チャンネルをひねっていて偶然見つけただけなので、特に集中して見ていたわけではないのだが、なかなかに面白くついつい引き込まれていった。
「本とはなんぞや」という大上段なテーマを抱えたものではなく、作家やタレントらゲストが選ぶ「これこそ自分にとってかけがえのない一冊」を紹介しながら、本のよさや使命をごく自然に語っていくという番組だった。
見ながら、自分にとっての一冊はなんだろうということや、幼いときはどんな本を読んでいたんだろうと思い返してみた。
印象に残っている本は多数あるのだが、ふと、小学5年生の頃に読んだ「ぼくがぼくであること」(山中恒 作)のことを思い出した。学校の図書室で借りたんだと思う。
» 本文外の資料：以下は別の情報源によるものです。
// The pieces of a text between separators, one after the other.
ghost use Rattle.std.specs.Prelude.{◌≡◌, true, false, ◌∷◌, length};
ghost use Rattle.std.specs.List.{AllByRecursion};
ghost use Rattle.text.specs.Bytes.{lacks};
ghost use Rattle.text.specs.Left.{left, left_of};
ghost use Rattle.std.specs.Iterator.{YieldsFirstRef, item_count};
ghost use Rattle.text.specs.Splitting.{Finds, parts, reach, rejoined, split};

// A cursor over the pieces that are left; a text has one piece more than it has separators.
// The library's `split` does not serve: it minds no quotes, and no result can name its closure's type.
#[derive(Clone, Copy)]
pub struct Pieces<'a> {
    rest: Option<&'a [u8]>,
    separator: u8,
    quotes: bool,
}

impl<'a> Pieces<'a> {
    // The parts between the separators, wherever they stand.
    #[tactic(auto, using(crate::proofs::Splits::split_rejoined, crate::proofs::Splits::parts_apart))]
    pub fn plain(text: &'a [u8], separator: u8) -> Pieces<'a>
        ensures pieces { left result ≡ parts separator text.now }
        ensures whole { rejoined separator (left result) ≡ text.now }
        ensures apart { AllByRecursion (λ piece. lacks separator piece ≡ true) (left result) }
    {
        Pieces {
            rest: Some(text),
            separator,
            quotes: false,
        }
    }

    // The pieces between the separators that stand outside double quotes.
    #[tactic(auto, using(crate::proofs::Splits::split_rejoined, crate::proofs::Splits::split_apart))]
    pub fn outside_quotes(text: &'a [u8], separator: u8) -> Pieces<'a>
        ensures pieces { left result ≡ split true separator false text.now }
        ensures whole { rejoined separator (left result) ≡ text.now }
        ensures apart { AllByRecursion (λ piece. reach true separator false piece ≡ length piece) (left result) }
    {
        Pieces {
            rest: Some(text),
            separator,
            quotes: true,
        }
    }
}

// Each piece in turn, and from the end on nothing.
impl<'a> Iterator for Pieces<'a> {
    type Item = &'a [u8];

    ghost next_gives = { YieldsFirstRef left };

    ghost remaining = { item_count left };

    fn next(&mut self) -> Option<&'a [u8]> {
        let (piece, rest) = first_piece(self.rest?, self.separator, self.quotes);
        self.rest = rest;
        Some(piece)
    }
}

// The first piece and what follows its separator, if there is one.
#[tactic(auto, using(crate::proofs::Splits::split_at, crate::proofs::Splits::split_none))]
fn first_piece(text: &[u8], separator: u8, quotes: bool) -> (&[u8], Option<&[u8]>)
    ensures { split quotes separator false text.now ≡ result.0.now ∷ left_of quotes separator result.1 }
{
    match find(text, separator, quotes) {
        Some(end) => (&text[..end], Some(&text[end + 1..])),
        None => (text, None),
    }
}

// Where the first separator stands, if there is one; with `quotes`, those inside double quotes do not count. One function with a flag,
// since one definition, `reach`, cuts both ways.
pub fn find(text: &[u8], separator: u8, quotes: bool) -> Option<usize>
    ensures { Finds (reach quotes separator false text.now) (length text.now) result }
{
    let mut inside = false;
    for (i, &b) in text.iter().enumerate() {
        if b == separator && !inside {
            return Some(i);
        }
        if quotes && b == b'"' {
            inside = !inside;
        }
    }
    None
}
思春期にはまだ手が届かない世代の少年が、偶然に家出をし、不思議な体験をしながら成長していくという内容だったと思う。同世代の少年の姿が自分に重なり、幼いながらもやけに印象に残った。未だにすぐに思い出せるタイトルも強烈なインパクトを残している。
同時期に、単発ドラマ化もされたと思う。
児童文学書ではあるが、Amazonでも入手可能なようなので、40年近く経った今、もう一回読んでみようと思う。
それにしても、繰り返し読んだわけでもないのに、なぜこんなにも印象深いのだろう。しかも、なんとなくどんよりした甘酸っぱさのような、妙な香りが残っている。
ごく普通の少年だったあの頃、想像さえできない外の世界に惹かれていたのだろうか。それとも、当時の日常に不満でもあったのだろうか…。
そういえば、小学校高学年の頃は、SFモノや冒険モノばかり読んでいたような気がする。男の子はみな、そういう時期があるのだろうか。
昨日は、小学3年になる息子の誕生日だった。野球盤に興じる後ろ姿を見ながら、こいつもあと1〜2年も経てばそういことを考えるようになるんだろうかと思うと、なにか不思議な気分になる。
「私の1冊 日本の100冊」は、11/3から毎朝8:00〜8:10、BS-2でレギュラー化されるので、楽しみにしたい。